Plaintiff also alleges that Defendant Harmon harassed him and made threatening remarks to him about Plaintiff using two mattresses in an open-wing dorm. The Eighth Amendment proscribes punishments which involve the unnecessary and wanton infliction of pain. Whitley v. Albers, 475 U.S. 312, 319 (1986). However, harassing or degrading language by a prison official, while unprofessional and despicable, does not amount to a constitutional violation. Johnson v. Unknown Dellatifa, 357 F.3d 539, 546 (6th Cir. 2004); Violett v. Reynolds, 76 F. App'x 24, 27 (6th Cir. 2003) ("[V]erbal abuse and harassment do not constitute punishment that would support an Eighth Amendment claim."); Ivey v. Wilson, 832 F.2d 950, 954-55 (6th Cir. 1987); see also Searcy v. Gardner, No. 3:07-0361, 2008 U.S. Dist. LEXIS 118217, at *4 (M.D. Tenn. Feb. 11, 2008) ("A claim under 42 U.S.C. § 1983 cannot be based on mere threats, abusive language, racial slurs, or verbal harassment by prison officials."). Therefore, the claims alleging verbal abuse and harassment against any of the Defendants fail to state a claim upon which relief may be granted and will be dismissed.

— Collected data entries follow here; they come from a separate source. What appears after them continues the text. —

//! Rebuilding a lost packet (RFC 5109 9.1, 9.2).

ghost use Rattle.std.specs.Prelude.{◌≡◌, ◌↔◌, ℕ, ◌<◌, bit_xor, if◌then◌else◌, ◌≤◌, List, [], ◌∷◌, ◌++◌, length, map, replicate, take, drop, slice_index, vec_len, Ok, Err, IfOk, IsOkAnd, IsErrOf, nat_le};
ghost use Rattle.vrx_fec.specs.Mask.{is_named};
ghost use Rattle.vrx_fec.specs.Parity.{Texts, body_of, mask_at, recovery, spans_of as spans_in};
ghost use Rattle.vrx_fec.specs.Rebuilt.{IsOf, IsRebuildable, covered, covered_by, header_of, rebuilt, rebuilt_length};
ghost use Rattle.vrx_fec.specs.View.{view, view_level, view_rebuilt};

use crate::fec::{Fec, Level};
use crate::mask::is_named;
use crate::parity::{HEADER, MOST_TEXT, add_octets, fields_of, xor_into};
use crate::span::{Span, spans_of};
use std::alloc::Global;
use std::marker::Model;
use vrx_num::NoMemory;
use vrx_num::limits::MOST_OCTETS;
use vrx_num::slices::from;

/// A rebuilt packet has at most so many octets after its first twelve, and so no more than a datagram.
pub(crate) const MOST_REBUILT: usize = MOST_OCTETS - HEADER;

/// Why a packet isn't rebuilt, in the order in which it is tested.
#[derive(Clone, Copy, Debug, PartialEq, Eq, thiserror::Error)]
pub enum RecoverFault {
    /// It would have more than 9,204 octets after its first twelve.
    #[error("the rebuilt length is too great")]
    BadLength,
    /// It has more octets than the levels that name it protect.
    #[error("the levels don't cover the packet")]
    NotCovered,
}

/// The XOR of a FEC payload and of texts that were added to it.
///
/// Contracts see the fields and the octets that it has added up. Its memory is taken once.
#[derive(Debug, Drop)]
pub struct Register {
    /// The fields that the FEC header protects.
    fields: [u8; 8],
    /// Room for the first twelve octets of the rebuilt packet, and then the octets of all levels.
    text: Vec<u8>,
}

impl Model for Register {
    ghost use Rattle.std.specs.Prelude.{◌<◌, ◌≤◌, drop, length, slice_index};
    ghost use Rattle.vrx_fec.specs.Rebuilt.{Sums};

    ghost Value = { Sums };

    ghost view = { λ a. record { fields = a.fields; body = drop 12 a.text.items } };

    ghost invariant = { λ a. (12 ≤ length a.text.items) × (slice_index a.fields 0 < 64) };
}

impl Register {
    /// A register of the payload, to which nothing was added. Only this call takes memory.
    pub fn start(alloc: Global, fec: &Fec<'_>) -> Result<Register, NoMemory>
        ensures starts { IfOk result (λ register. IsOf register (view fec.now) []) }
    {
        let text = text_of(alloc, fec.levels.as_slice())?;
        Ok(Register {
            fields: recovery_of(&fec.head),
            text,
        })
    }

    /// Adds the text of the packet at this offset from SN base: the packet from its RTP header on, of 12 to 65,547
    /// octets. The payload is the one with which the register was started.
    pub fn add(&mut self, fec: &Fec<'_>, offset: u8, text: &[u8])
        requires at_least { HEADER ≤ length text.now }
        requires at_most { length text.now ≤ MOST_TEXT }
        ensures adds { (texts : Texts) → IsOf self.old (view fec.now) texts →
            IsOf self.new (view fec.now) ((offset, text.now) ∷ texts) }
    {
        xor_into(&mut self.fields, &fields_of(text));
        add_to_text(&mut self.text, fec, offset, text);
    }

    /// The packet that is missing, at this offset from SN base and of this SSRC, once all others were added. It takes
    /// no memory.
    pub fn finish(self, fec: &Fec<'_>, missing: u8, ssrc: u32) -> Result<Vec<u8>, RecoverFault>
        ensures rebuilds { (texts : Texts) → IsOf self (view fec.now) texts →
            view_rebuilt result ≡ rebuilt (view fec.now) texts missing ssrc }

        // Of a true payload and all other texts it is the text that is missing, if that can be rebuilt.
        ensures gives { (others : Texts) (text : List ℕ) → IsOf self (view fec.now) others →
            IsRebuildable (view fec.now) others missing ssrc text → IsOkAnd result (λ out. out.items ≡ text) }

        // When it isn't rebuilt.
        ensures bad_length { (texts : Texts) → IsOf self (view fec.now) texts →
            (IsErrOf result RecoverFault.BadLength ↔ (MOST_REBUILT < rebuilt_length (view fec.now) texts)) }
        ensures not_covered { (texts : Texts) → IsOf self (view fec.now) texts →
            (IsErrOf result RecoverFault.NotCovered ↔
            (rebuilt_length (view fec.now) texts ≤ MOST_REBUILT)
            × (covered (view fec.now) missing < rebuilt_length (view fec.now) texts)) }
    {
        self.rebuild(fec, missing, ssrc)
    }

    /// What is rebuilt, or why nothing is.
    fn rebuild(self, fec: &Fec<'_>, missing: u8, ssrc: u32) -> Result<Vec<u8>, RecoverFault>
        ensures rebuilds { (texts : Texts) → IsOf self (view fec.now) texts →
            view_rebuilt result ≡ rebuilt (view fec.now) texts missing ssrc }
    {
        let length = usize::from(u16::from_be_bytes([self.fields[6], self.fields[7]]));
        if length > MOST_REBUILT {
            return Err(RecoverFault::BadLength);
        }
        let spans = spans_of(&fec.levels);
        if !is_covered(length, spans.as_slice(), fec.long, missing) {
            return Err(RecoverFault::NotCovered);
        }
        let number = fec.base.wrapping_add(u16::from(missing));
        let header = header_of(self.fields, number, ssrc);
        Ok(with_header(self.text, &header, length))
    }
}

/// Adds a text's octets after its first twelve to those after the first twelve of another one.
fn add_to_text(to: &mut Vec<u8>, fec: &Fec<'_>, offset: u8, text: &[u8])
    requires { 12 ≤ length to.old.items }
    ensures size { length to.new.items ≡ length to.old.items }
    ensures body { (k : ℕ) → k < length (drop 12 to.old.items) → slice_index (drop 12 to.new.items) k ≡
        bit_xor (slice_index (drop 12 to.old.items) k)
        (if is_named fec.now.long (mask_at (spans_in (view fec.now).levels) k) offset
        then slice_index (drop 12 text.now) k else 0) }
{
    let spans = spans_of(&fec.levels);
    let (_room, body) = to.as_mut_slice().split_at_mut(HEADER);
    add_octets(body, spans.as_slice(), fec.long, offset, from(text, HEADER));
}

/// Room for the first twelve octets of a packet, and the octets of all levels.
fn text_of(alloc: Global, levels: &[Level<'_>]) -> Result<Vec<u8>, NoMemory>
    ensures { IfOk result (λ text. text.items ≡ replicate 12 0 ++ body_of (map view_level levels.now)) }
{
    let size = levels.iter().fold(
        12,
        |size: usize, level| size.saturating_add(level.octets.len()),
    );
    let mut text = Vec::with_capacity(alloc, size)?;
    text.extend_from_slice(&[0; 12])?;
    for level in levels {
        text.extend_from_slice(level.octets)?;
    }
    Ok(text)
}

/// The first twelve octets of a packet of these fields and of this number and SSRC. Its version is 2.
fn header_of(fields: [u8; 8], number: u16, ssrc: u32) -> [u8; 12]
    requires { slice_index fields 0 < 64 }
    ensures { result ≡ header_of fields number ssrc }
{
    let [f0, f1, f2, f3, f4, f5, _, _] = fields;
    let [n1, n0] = number.to_be_bytes();
    let [s3, s2, s1, s0] = ssrc.to_be_bytes();
    [128 + f0, f1, n1, n0, f2, f3, f4, f5, s3, s2, s1, s0]
}

/// The text with this header as its first twelve octets, and with so many of the octets after them.
fn with_header(text: Vec<u8>, header: &[u8; 12], length: usize) -> Vec<u8>
    requires room { 12 ≤ vec_len text }
    requires fits { length ≤ 65535 }
    ensures { result.items ≡ header.now ++ take length (drop 12 text.items) }
{
    let mut text = text;
    text.truncate(HEADER + length);
    put_front(text.as_mut_slice(), header);
    text
}

/// Puts a header over the first twelve octets.
fn put_front(text: &mut [u8], header: &[u8; 12])
    requires { 12 ≤ length text.old }
    ensures { text.new ≡ header.now ++ drop 12 text.old }
{
    let (front, _rest) = text.split_at_mut(HEADER);
    front.copy_from_slice(header);
}

/// The recovery fields of a FEC header.
fn recovery_of(head: &[u8; 10]) -> [u8; 8]
    ensures { result ≡ recovery head.now }
{
    [
        head[0] % 64,
        head[1],
        head[4],
        head[5],
        head[6],
        head[7],
        head[8],
        head[9],
    ]
}

/// Whether so many octets of the packet at this offset are covered.
fn is_covered(length: usize, spans: &[Span], long: bool, offset: u8) -> bool
    ensures { result ≡ nat_le length (covered_by long spans.now offset) }
{
    let mut left = length;
    for span in spans {
        if is_named(long, span.mask, u16::from(offset)) {
            left = left.saturating_sub(span.size);
        }
    }
    left == 0
}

Plaintiff also alleges that he was placed in an unsanitary cell and in an open-wing dorm without a bottom bunk, both causing him injury. Upon consideration, the Court will allow Plaintiff's claims that he was placed in a cell in unsanitary conditions causing him injury to proceed past initial screening. However, with regard to the claim that he was put in an unsanitary cell, neither of the two corrections officers whom he claims placed him the cell, Officers Earnest and Barnes, were named as Defendants to this action.
The Court will also allow Plaintiff's claim that he was assigned to an open-wing dorm without a bottom bunk causing him injury to proceed against Defendant Puckett in his individual capacity. It is unclear from the complaint whether Plaintiff alleges that other individuals were responsible for assigning him to an open-wing dorm without a bottom bunk.
In allowing the claims to go forward, the Court passes no judgment on the ultimate merit.
For the reasons set forth herein, and the Court being otherwise sufficiently advised,
The Court will enter a separate Scheduling Order directing service on Defendant Puckett and governing the claim that has been permitted to proceed.